To properly go through the study you will need to have a dictionary, thesaurus, a bible, and a few other tools handy. For the guide they quote the NIV version of the bible but you may use whatever version you choose. The student then begins by reading through the entire book in the first week or so. They do have some pre-reading activities you can do before or as they start.

The Courage of Sarah Noble E-Guide is for grades K-3 but I would put the reading skill level closer to 3. I did have Gess read the book on her own first but I also had her read the chapter sections again before doing the questions. While reading through material twice isn't required, with Gess' special needs it helps her to read it more than once. Students are allowed to use their book while they answer the questions, in fact sometimes it is necessary.

The guide was divided up into segments which ranged from covering 2 to 3 chapters at time.  They always began with vocabulary words which is where the dictionary comes in handy. They were good about changing up how you studied the words each time. Sometimes you looked up and wrote the definition while other times you might have multiple choice options. Each week it was done differently which was nice. My favorite was where it had you try define it in your own words based upon the context in the story. Then you looked it up in the dictionary to see how you did. I was impressed that Gess guessed solemn fairly accurately as that was a new word to her. She must have liked it because she uses that word a lot now. Just the other day she told her dad he looked solemn.  Here are examples of how some of the vocabulary pages looked.

After the vocabulary section you answer questions in regard to the story. Some are trying to get the student to think about why the characters are reacting the way they do. You ponder what made them say a certain thing or think about how they might actually feel. Then you examine some of their thoughts and actions based upon Scripture.

For example in the book Sarah noble wants to go visit the Indian houses.

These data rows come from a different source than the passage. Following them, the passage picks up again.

//! The kind of a line of a recording.
ghost use Rattle.std.specs.Prelude.{◌≡◌, IfOk, Some};
ghost use Rattle.json.specs.Json.{document};
ghost use Rattle.json.specs.Value.{value_view};
ghost use Rattle.json.specs.Lex.{tokens};
ghost use Rattle.json.specs.Print.{IsNumber};
ghost use Rattle.asciicast.specs.Recordings.{event_kind, first_byte, header_kind, is_space, kind_at, kind_of, kind_seen, HasNumber};

use json::{Error, Reader, Scratch, Token, Value};
use std::alloc::{AllocError, Allocator};

/// A line of a recording.
#[derive(Clone, Copy)]
pub enum Line<'a> {
    /// An event of output: its time, as it is written, and its text.
    Output(&'a str, &'a str),
    /// An event of input: its time, as it is written.
    Input(&'a str),
    /// An event of another kind: its time, as it is written.
    Passed(&'a str),
    /// The header, with times counted from the event before: of version 3, and not of 2.
    Header(bool),
    /// A comment, or white space alone.
    Other,
    /// Something else.
    Wrong,
}

/// Returns the kind of this line. The error is that memory was refused.
pub fn line_of<'a, A: Allocator + Copy>(
    alloc: A,
    line: &'a str,
    scratch: &'a mut Scratch<A>,
) -> Result<Line<'a>, AllocError>
    ensures kind { IfOk result (λ l. kind_seen l ≡ kind_of line.now) }
    ensures number { IfOk result HasNumber }
{
    match first_of(line) {
        None | Some(b'#') => Ok(Line::Other),
        Some(b'{') => header(alloc, line, scratch),
        Some(b'[') => event(line, scratch),
        Some(_) => Ok(Line::Wrong),
    }
}

/// Returns the first byte of a line that is no white space.
pub fn first_of(line: &str) -> Option<u8>
    ensures { result ≡ first_byte line.now }
{
    first_in(line.as_bytes())
}

// Returns the first of these bytes that is none.
fn first_in(bytes: &[u8]) -> Option<u8>
    ensures { result ≡ first_byte bytes.now }
{
    for byte in bytes {
        if !is_space(*byte) {
            return Some(*byte);
        }
    }
    None
}

// Returns whether a byte is white space of JSON, and no line feed.
fn is_space(byte: u8) -> bool
    ensures { result ≡ is_space byte }
{
    byte == b' ' || byte == b'\t' || byte == b'\r'
}

// Returns the kind of an event.
fn event<'a, A: Allocator>(
    line: &'a str,
    scratch: &'a mut Scratch<A>,
) -> Result<Line<'a>, AllocError>
    ensures kind { IfOk result (λ l. kind_seen l ≡ event_kind (tokens line.now)) }
    ensures number { IfOk result HasNumber }
{
    let mut reader = Reader::new(line, scratch)?;
    Ok(event_of(&mut reader))
}

// Returns the event of these tokens.
fn event_of<'a>(reader: &mut Reader<'a>) -> Line<'a>
    ensures kind { kind_seen result ≡ event_kind reader.old }
    ensures number { HasNumber result }
{
    let Some(Token::BeginArray) = reader.next() else {
        return Line::Wrong;
    };
    let Some(Token::Number(time)) = reader.next() else {
        return Line::Wrong;
    };
    let Some(Token::String(kind)) = reader.next() else {
        return Line::Wrong;
    };
    let Some(Token::String(text)) = reader.next() else {
        return Line::Wrong;
    };
    let Some(Token::EndArray) = reader.next() else {
        return Line::Wrong;
    };
    let None = reader.next() else {
        return Line::Wrong;
    };
    event_at(time, kind, text)
}

// Returns the meaning of an event of this kind.
fn event_at<'a>(time: &'a str, kind: &str, text: &'a str) -> Line<'a>
    requires { IsNumber time.now }
    ensures kind { kind_seen result ≡ kind_at time.now kind.now text.now }
    ensures number { HasNumber result }
{
    if kind == "o" {
        Line::Output(time, text)
    } else if kind == "i" {
        Line::Input(time)
    } else {
        Line::Passed(time)
    }
}

// Returns the kind of a header.
fn header<'a, A: Allocator + Copy>(
    alloc: A,
    line: &'a str,
    scratch: &'a mut Scratch<A>,
) -> Result<Line<'a>, AllocError>
    ensures kind { IfOk result (λ l. kind_seen l ≡ header_kind (document line.now)) }
    ensures number { IfOk result HasNumber }
{
    match Value::parse(alloc, line, scratch) {
        Ok(value) => Ok(header_of(&value)),
        Err(Error::OutOfMemory) => Err(AllocError),
        Err(_) => Ok(Line::Wrong),
    }
}

// Returns the header of this value.
fn header_of<'a, A: Allocator>(value: &Value<'_, A>) -> Line<'a>
    ensures kind { kind_seen result ≡ header_kind (Some (value_view value.now)) }
    ensures number { HasNumber result }
{
    let Some(version) = value.get("version") else {
        return Line::Wrong;
    };
    match version.as_number() {
        Some("2") => Line::Header(false),
        Some("3") => Line::Header(true),
        _ => Line::Wrong,
    }
}
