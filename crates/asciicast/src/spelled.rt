//! Lines that are written without a control.
ghost use Rattle.std.specs.Prelude.{◌≡◌, ◌<◌, ◌++◌, ◌∷◌, ◌/◌, ◌%◌, ℕ, List, [], IfOk, IsUtf8, OnOk, chars, codes, encode_utf8_all, string_bytes};
ghost use Rattle.std.specs.List.{flat_map};
ghost use Rattle.asciicast.specs.Recordings.{IsShownText, hex_digit, is_shown, is_shown_line, spelled_char, spelled_line};

use std::alloc::{AllocError, Allocator};

/// Returns whether no character of a line is a control.
pub fn is_shown_line(line: &str) -> bool
    ensures { result ≡ is_shown_line line.now }
{
    for c in line.chars() {
        if !is_shown(c) {
            return false;
        }
    }
    true
}

/// Returns a line with each control spelled. The error is that memory was refused.
pub fn spelled<A: Allocator>(alloc: A, line: &str) -> Result<String<A>, AllocError>
    ensures { IfOk result (λ t. string_bytes t
        ≡ encode_utf8_all (flat_map spelled_char (chars line.now))) }
{
    let mut text = String::new(alloc);
    for c in line.chars() {
        push_spelled(&mut text, c)?;
    }
    Ok(text)
}

/// A line that stays has no control, whatever came.
pub fn spelled_lines_show()
    ensures { (l : List ℕ) → IsUtf8 l → IsShownText (spelled_line l) }
{}

// Appends a character, or how it is spelled.
fn push_spelled<A: Allocator>(text: &mut String<A>, c: char) -> Result<(), AllocError>
    ensures { OnOk result (string_bytes text.new
        ≡ string_bytes text.old ++ encode_utf8_all (spelled_char c)) }
{
    if is_shown(c) {
        return text.push(c);
    }
    match c {
        '\r' => Ok(()),
        '\t' => text.push(' '),
        _ => push_number(text, c as u32),
    }
}

// Appends the number of a character, as a text of JSON has it.
fn push_number<A: Allocator>(text: &mut String<A>, number: u32) -> Result<(), AllocError>
    requires { number < 256 }
    ensures { OnOk result (string_bytes text.new ≡ string_bytes text.old ++ (codes "\\u00"
        ++ (hex_digit (number / 16) ∷ hex_digit (number % 16) ∷ []))) }
{
    text.push_str("\\u00")?;
    text.push(hex_digit(number / 16))?;
    text.push(hex_digit(number % 16))
}

// Returns a digit of a number in base 16.
fn hex_digit(number: u32) -> char
    requires { number < 16 }
    ensures value { result ≡ hex_digit number }
    ensures byte { result < 128 }
{
    let number = number as u8;
    if number < 10 {
        (b'0' + number) as char
    } else {
        (b'a' - 10 + number) as char
    }
}

// Returns whether a character is no control.
fn is_shown(c: char) -> bool
    ensures { result ≡ is_shown c }
{
    c >= ' ' && (c < '\u{7f}' || c > '\u{9f}')
}
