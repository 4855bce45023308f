//! The event that a line of a recording tells a reader.
ghost use Rattle.std.specs.Prelude.{◌≡◌, IfOk, Some};
ghost use Rattle.json.specs.Json.{document};
ghost use Rattle.json.specs.Value.{value_view};
ghost use Rattle.json.specs.Lex.{tokens};
ghost use Rattle.asciicast.specs.Events.{line_report, told_at, told_by, told_event, told_header};

use crate::line::first_of;
use json::{Error, Reader, Scratch, Token, Value};
use std::alloc::{AllocError, Allocator};

/// The event that a line of a recording tells a reader that writes none of it.
#[derive(Clone, Copy)]
pub enum Event<'a> {
    /// The terminal got this text at this time, as it is written.
    Output(&'a str, &'a str),
    /// This text was typed at this time.
    Input(&'a str, &'a str),
    /// An event of another kind came at this time.
    Passed(&'a str),
    /// The header, with times counted from the event before: of version 3, and not of 2.
    Header(bool),
    /// A comment, or no text.
    Nothing,
    /// It is no line of a recording.
    Wrong,
}

/// Returns the event of this line, without its line feed. The error says that memory was refused.
pub fn event_in<'a, A: Allocator + Copy>(
    alloc: A,
    line: &'a str,
    scratch: &'a mut Scratch<A>,
) -> Result<Event<'a>, AllocError>
    ensures { IfOk result (λ e. told_by e ≡ line_report line.now) }
{
    match first_of(line) {
        None | Some(b'#') => Ok(Event::Nothing),
        Some(b'{') => header(alloc, line, scratch),
        Some(b'[') => read_event(line, scratch),
        Some(_) => Ok(Event::Wrong),
    }
}

// Returns the kind of an event.
fn read_event<'a, A: Allocator>(
    line: &'a str,
    scratch: &'a mut Scratch<A>,
) -> Result<Event<'a>, AllocError>
    ensures { IfOk result (λ e. told_by e ≡ told_event (tokens line.now)) }
{
    let mut reader = Reader::new(line, scratch)?;
    Ok(event_of(&mut reader))
}

// Returns the event of these tokens.
fn event_of<'a>(reader: &mut Reader<'a>) -> Event<'a>
    ensures { told_by result ≡ told_event reader.old }
{
    let Some(Token::BeginArray) = reader.next() else {
        return Event::Wrong;
    };
    let Some(Token::Number(time)) = reader.next() else {
        return Event::Wrong;
    };
    let Some(Token::String(kind)) = reader.next() else {
        return Event::Wrong;
    };
    let Some(Token::String(text)) = reader.next() else {
        return Event::Wrong;
    };
    let Some(Token::EndArray) = reader.next() else {
        return Event::Wrong;
    };
    let None = reader.next() else {
        return Event::Wrong;
    };
    event_at(time, kind, text)
}

// Returns the meaning of an event of this kind.
fn event_at<'a>(time: &'a str, kind: &'a str, text: &'a str) -> Event<'a>
    ensures { told_by result ≡ told_at time.now kind.now text.now }
{
    if kind == "o" {
        Event::Output(time, text)
    } else if kind == "i" {
        Event::Input(time, text)
    } else {
        Event::Passed(time)
    }
}

// Returns the kind of a header.
fn header<'a, A: Allocator + Copy>(
    alloc: A,
    line: &'a str,
    scratch: &'a mut Scratch<A>,
) -> Result<Event<'a>, AllocError>
    ensures { IfOk result (λ e. told_by e ≡ told_header (document line.now)) }
{
    match Value::parse(alloc, line, scratch) {
        Ok(value) => Ok(header_of(&value)),
        Err(Error::OutOfMemory) => Err(AllocError),
        Err(_) => Ok(Event::Wrong),
    }
}

// Returns the header of this value.
fn header_of<'a, A: Allocator>(value: &Value<'_, A>) -> Event<'a>
    ensures { told_by result ≡ told_header (Some (value_view value.now)) }
{
    let Some(version) = value.get("version") else {
        return Event::Wrong;
    };
    match version.as_number() {
        Some("2") => Event::Header(false),
        Some("3") => Event::Header(true),
        _ => Event::Wrong,
    }
}
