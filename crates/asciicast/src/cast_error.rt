//! Why a line of a recording is not taken.
ghost use Rattle.std.specs.Prelude.{◌≡◌};

use std::alloc::AllocError;

/// Why a line of a recording is not taken.
#[derive(Clone, Copy, Debug, PartialEq, Eq)]
pub enum CastError {
    /// It is no line of a recording.
    NoEvent,
    /// A request for memory was refused.
    Memory,
}

impl From<AllocError> for CastError {
    ghost use Rattle.asciicast.specs.declared.cast_error.CastError.TheVariants.{Memory};

    ghost from_gives = { λ _ e. e ≡ Memory };

    fn from(_refused: AllocError) -> CastError {
        CastError::Memory
    }
}
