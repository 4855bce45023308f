//! A recording that is filtered line by line.
ghost use Rattle.std.specs.Prelude.{◌≡◌, ◌≢◌, ◌++◌, ◌∷◌, ℕ, List, [], IfOk, OnOk, codes, false, string_bytes, true};
ghost use Rattle.json.specs.Print.{IsNumber};
ghost use Rattle.esc_normal.specs.Streams.{Given};
ghost use Rattle.asciicast.specs.Recorded.{IsEndTime};
ghost use Rattle.asciicast.specs.Recordings.{IsEventOf, IsUnheard, StaysAs, kind_of, output, spelled_line, wrong};

use crate::cast_error::CastError;
use crate::line::{Line, line_of};
use crate::spelled::{is_shown_line, spelled};
use esc_filter::StreamFilter;
use json::{Scratch, Writer, is_number};
use std::alloc::{AllocError, Allocator, Global};

/// Takes a recording line by line, and gives each, with the filtered text of its event, if that is
/// one of output: the filter is fed these texts, one after another. Every other line stays: the
/// header, of version 2 or 3, an event of another kind, a comment, and an empty line. So the times
/// of the events stay, and the text of an event is empty if nothing of it passes. A line that stays
/// says the same as before, and has no control: a carriage return is left out, a tab is a space,
/// and any other is spelled as JSON does, as `\u007f`.
///
/// It keeps the state of the filter, one line, and the time of the last event.
#[derive(Drop)]
pub struct Recording<F, A: Allocator = Global> {
    feeding: F,
    alloc: A,
    scratch: Scratch<A>,
    // the line that the last call gave
    text: Vec<u8, A>,
    // the time of the last event
    time: String<A>,
    // says whether the time of an event is counted from the event before
    is_relative: bool,
    // says whether events of input lose their texts
    drops_input: bool,
}

impl<F: StreamFilter<A>, A: Allocator + Copy> Recording<F, A> {
    ghost use Rattle.asciicast.specs.Recorded.{Closes, Hears, IsAs, drops_input, feeding_of, is_relative, is_relative_after, text_of, time_after, time_of};

    /// Returns a recording that took no line, for a filter that was fed nothing. Takes no memory.
    pub fn new(alloc: A, feeding: F) -> Recording<F, A>
        ensures feeding { feeding_of result ≡ feeding }
        ensures empty { text_of result ≡ [] }
        ensures time { (time_of result ≡ []) × (is_relative result ≡ false) }
        ensures keeps { drops_input result ≡ false }
    {
        Recording {
            feeding,
            alloc,
            scratch: Scratch::new(alloc),
            text: Vec::new(alloc),
            time: String::new(alloc),
            is_relative: false,
            drops_input: false,
        }
    }

    /// Returns the same recording, but its events of input lose their texts, or keep them. They
    /// keep their times.
    pub fn dropping_input(mut self, drops: bool) -> Recording<F, A>
        ensures drops { drops_input result ≡ drops }
        ensures same { (feeding_of result ≡ feeding_of self) × (text_of result ≡ text_of self)
            × (time_of result ≡ time_of self) × (is_relative result ≡ is_relative self) }
    {
        self.drops_input = drops;
        self
    }

    /// Takes a line, without its line feed. The line that is written for it, with a line feed, is
    /// then the [`text`](Recording::text).
    ///
    /// `CastError::NoEvent` says that it is no line of a recording: no JSON of the format; nothing
    /// has changed. After `CastError::Memory` the recording is of no use.
    pub fn take_line(&mut self, line: &str) -> Result<(), CastError>
        ensures output { Given F.StreamFilter (feeding_of self.old) (λ m c s. (t d : List ℕ)
            → kind_of line.now ≡ output t d → OnOk result (Hears F.StreamFilter m c s t d self.new
            × (time_of self.new ≡ t) × (is_relative self.new ≡ is_relative self.old))) }
        ensures other { IsUnheard (kind_of line.now) → OnOk result
            ((feeding_of self.new ≡ feeding_of self.old)
            × StaysAs (kind_of line.now) (drops_input self.old) line.now (text_of self.new)
            × (time_of self.new ≡ time_after (kind_of line.now) (time_of self.old))
            × (is_relative self.new
            ≡ is_relative_after (kind_of line.now) (is_relative self.old))) }
        ensures right { OnOk result ((kind_of line.now ≢ wrong)
            × (drops_input self.new ≡ drops_input self.old)) }
        ensures no_event { result ≡ Err CastError.NoEvent → (kind_of line.now ≡ wrong)
            × IsAs self.old self.new }
    {
        let kind = line_of(self.alloc, line, &mut self.scratch)?;
        match kind {
            Line::Output(time, data) => {
                self.feeding.feed(data.as_bytes())?;
                self.text = event(self.alloc, time, "o", self.feeding.output())?;
                put(&mut self.time, time)?;
                Ok(())
            }
            Line::Input(time) if self.drops_input => {
                self.text = event(self.alloc, time, "i", "")?;
                put(&mut self.time, time)?;
                Ok(())
            }
            Line::Input(time) | Line::Passed(time) => {
                put(&mut self.time, time)?;
                self.pass(line)
            }
            Line::Header(is_relative) => {
                self.is_relative = is_relative;
                self.pass(line)
            }
            Line::Other => self.pass(line),
            Line::Wrong => Err(CastError::NoEvent),
        }
    }

    /// Ends the recording. If the end of the stream adds something, as a text that takes back a
    /// colour, the [`text`](Recording::text) is an event of output with it, at the time of the last
    /// event; else it is empty. The error is that memory was refused.
    pub fn finish(&mut self) -> Result<(), CastError>
        ensures given { Given F.StreamFilter (feeding_of self.old) (λ m c s.
            OnOk result (Closes m c s self.old self.new)) }
        ensures memory { result ≡ Err CastError.NoEvent → ⊥ }
    {
        self.text.clear();
        self.feeding.finish()?;
        let alloc = self.alloc;
        let is_relative = self.is_relative;
        let added = self.feeding.output();
        if !added.is_empty() {
            let time = end_time(is_relative, self.time.as_str());
            self.text = event(alloc, time, "o", added)?;
        }
        Ok(())
    }

    /// Returns the line that the last call gave, with its line feed; nothing if it gave none.
    pub fn text(&self) -> &[u8]
        ensures { result.now ≡ text_of self.now }
    {
        self.text.as_slice()
    }

    /// Returns the filter.
    pub fn into_feeding(self) -> F
        ensures { result ≡ feeding_of self }
    {
        let Recording {
            feeding,
            alloc: _,
            scratch: _,
            text: _,
            time: _,
            is_relative: _,
            drops_input: _,
        } = self;
        feeding
    }

    // Gives a line that stays.
    fn pass(&mut self, line: &str) -> Result<(), CastError>
        ensures text { OnOk result (text_of self.new ≡ spelled_line line.now ++ 0x0a ∷ []) }
        ensures kept { (feeding_of self.new ≡ feeding_of self.old)
            × (time_of self.new ≡ time_of self.old)
            × (is_relative self.new ≡ is_relative self.old)
            × (drops_input self.new ≡ drops_input self.old) }
        ensures memory { result ≡ Err CastError.NoEvent → ⊥ }
    {
        self.text.clear();
        if is_shown_line(line) {
            self.text.extend_from_slice(line.as_bytes())?;
        } else {
            let text = spelled(self.alloc, line)?;
            self.text.extend_from_slice(text.as_bytes())?;
        }
        self.text.extend_from_slice(b"\n")?;
        Ok(())
    }
}

// Puts a time in the place of another.
fn put<A: Allocator>(last: &mut String<A>, time: &str) -> Result<(), AllocError>
    ensures { OnOk result (string_bytes last.new ≡ time.now) }
{
    last.clear();
    last.push_str(time)?;
    Ok(())
}

// Returns the time of the event that the end adds, if the last event had this time.
fn end_time(is_relative: bool, time: &str) -> &str
    ensures number { IsNumber result.now }
    ensures time { IsEndTime is_relative time.now result.now }
{
    if is_relative || !is_number(time) {
        "0"
    } else {
        time
    }
}

// Returns the line of an event at this time, of this kind and text, with its line feed.
fn event<A: Allocator>(
    alloc: A,
    time: &str,
    kind: &str,
    data: &str,
) -> Result<Vec<u8, A>, AllocError>
    requires { IsNumber time.now }
    ensures { IfOk result (λ v. IsEventOf time.now kind.now data.now v.items) }
{
    let mut writer = Writer::new(Vec::new(alloc));
    writer.begin_array()?;
    writer.number(time)?;
    writer.string(kind)?;
    writer.string(data)?;
    writer.end_array()?;
    let mut line = writer.into_inner();
    line.extend_from_slice(b"\n")?;
    Ok(line)
}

Her father takes awhile to answer and finally says she can go to one house only. They point out how Sarah waited patiently for an answer and then ask what you think her reaction would have been if her father had said no. They use Scripture that tells us to honor our parents and ask in what ways Sarah had honored her father in this situation.

Due to Gess' special needs we would discuss these types of questions verbally. She still struggles with why questions. She thinks concretely and always wants to answer the question in that way. If the question was about what happened in the story, she could tell you.  Why it happened she did not know. Thats why I think these study guides are good for her, they are helping her to learn to start thinking about it.

The Courage of Sarah Noble E-Guide was not interactive like the unit I reviewed last time. I really thought the interactive guides were great, but both seem to have their benefits. Gess prefers typing her answers as you can do in the interactive one but it was easier doing the vocabulary sections without the computer.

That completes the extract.